(Saved data entries)
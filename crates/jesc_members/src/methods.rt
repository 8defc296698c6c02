//! The methods that the given classes declare, without constructors.

ghost use Rattle.std.specs.Prelude.{◌≡◌, ◌++◌, map, IfOk, OnOk};
ghost use Rattle.jesc_classes.specs.Sources.{seen};
ghost use Rattle.jesc_members.specs.GivenMembers.{listed};
ghost use Rattle.jesc_members.specs.Methods.{method_in, methods_in, methods_of};
ghost use Rattle.jesc_members.specs.Methods as spec;
ghost use Rattle.jesc_members.specs.Seen.{seen_method};

use crate::fields::class_number;
use jesc_ast::{MemberNode, MemberTree, MethodTree};
use jesc_classes::{Classes, GivenClass, stands_in};
use jesc_text::{List, OutOfMemory};
use std::alloc::Global;

/// A method, with its class and that class's number.
#[derive(Drop, Clone, Copy)]
pub struct GivenMethod<'a> {
    pub number: u32,
    pub class: GivenClass<'a>,
    pub tree: &'a MethodTree,
}

/// The methods of these classes in source order.
///
/// Answers `OutOfMemory` where there is no room for the list, or where the number of a class is no `u32`.
pub fn given_methods<'a>(
    alloc: Global,
    classes: &Classes<'a>,
) -> Result<List<GivenMethod<'a>>, OutOfMemory>
    ensures { IfOk result (λ methods. map seen_method methods ≡ methods_of classes.now) }
{
    let mut methods = List::new(alloc);
    for (place, class) in classes.list().iter().enumerate() {
        add_methods(class_number(place)?, class, &mut methods)?;
    }
    Ok(methods)
}

/// Appends the methods of a class.
fn add_methods<'a>(
    number: u32,
    class: &GivenClass<'a>,
    methods: &mut List<GivenMethod<'a>>,
) -> Result<(), OutOfMemory>
    ensures { OnOk result (map seen_method methods.new ≡ map seen_method methods.old ++ methods_in number (seen class.now) class.now.tree.now.members) }
{
    for member in class.tree.members.as_slice() {
        if let Some(method) = method_of(number, class, member) {
            methods.push(method)?;
        }
    }
    Ok(())
}

/// The method that a member is.
fn method_of<'a>(
    number: u32,
    class: &GivenClass<'a>,
    member: &'a MemberTree,
) -> Option<GivenMethod<'a>>
    ensures { listed seen_method result ≡ method_in number (seen class.now) member.now.node }
{
    match member.node.get() {
        MemberNode::Method(tree) => Some(GivenMethod {
            number,
            class: *class,
            tree: tree.get(),
        }),
        MemberNode::Field(_) => None,
        MemberNode::SpecField(_) => None,
        MemberNode::Empty => None,
        MemberNode::Invariant(_) => None,
        MemberNode::Represents(_) => None,
        MemberNode::Constructor(_) => None,
    }
}

/// Whether the method is private.
pub fn is_private(method: &MethodTree) -> bool
    ensures { result ≡ spec.is_private method.now }
{
    stands_in(method.modifiers.as_slice(), b"private")
}

/// Whether the method is static.
pub fn is_static(method: &MethodTree) -> bool
    ensures { result ≡ spec.is_static method.now }
{
    stands_in(method.modifiers.as_slice(), b"static")
}

/// Whether the method is final.
pub fn is_final(method: &MethodTree) -> bool
    ensures { result ≡ spec.is_final method.now }
{
    stands_in(method.modifiers.as_slice(), b"final")
}
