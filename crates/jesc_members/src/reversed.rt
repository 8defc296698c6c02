//! A graph with its edges turned round.

ghost use Rattle.std.specs.Prelude.{ℕ, ◌≡◌, ◌↔◌, ◌⊎◌, ◌<◌, ◌^◌, length, IfOk, OnOk};
ghost use Rattle.std.specs.List.{All, Contains};
ghost use Rattle.jesc_classes.specs.Order.{IsWithin, supers};
ghost use Rattle.jesc_members.specs.GroupTables.{IsReverse};

use jesc_lookup::empty_rows;
use jesc_text::{List, OutOfMemory};
use std::alloc::Global;

/// Of each number, the numbers in whose rows it stands.
///
/// Answers `OutOfMemory` where there is no room for the rows.
pub fn reversed(alloc: Global, graph: &[List<u32>]) -> Result<Vec<List<u32>>, OutOfMemory>
    requires few { length graph.now < 2 ^ 32 }
    requires within { IsWithin graph.now }
    ensures { IfOk result (λ rows. IsReverse graph.now rows.items) }
{
    let mut rows = empty_rows(alloc, graph.len())?;
    for (number, row) in graph.iter().enumerate() {
        add_to_each(&mut rows, row.as_slice(), number as u32)?;
    }
    Ok(rows)
}

/// Appends the item to each of these rows.
fn add_to_each(rows: &mut Vec<List<u32>>, places: &[u32], item: u32) -> Result<(), OutOfMemory>
    requires { All (λ place. place < length rows.old.items) places.now }
    ensures count { OnOk result (length rows.new.items ≡ length rows.old.items) }
    ensures each { OnOk result ((f g : ℕ) → Contains (supers rows.new.items g) f ↔ (Contains (supers rows.old.items g) f ⊎ (Contains places.now g × (f ≡ item)))) }
{
    for place in places {
        rows[*place as usize].push(item)?;
    }
    Ok(())
}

◆ **EXERCISE INSTRUCTIONS**: Count how many lines in the data above hold the string "these", and give the number with no other words.

◆ **RESULT FOR THIS EXERCISE**: 2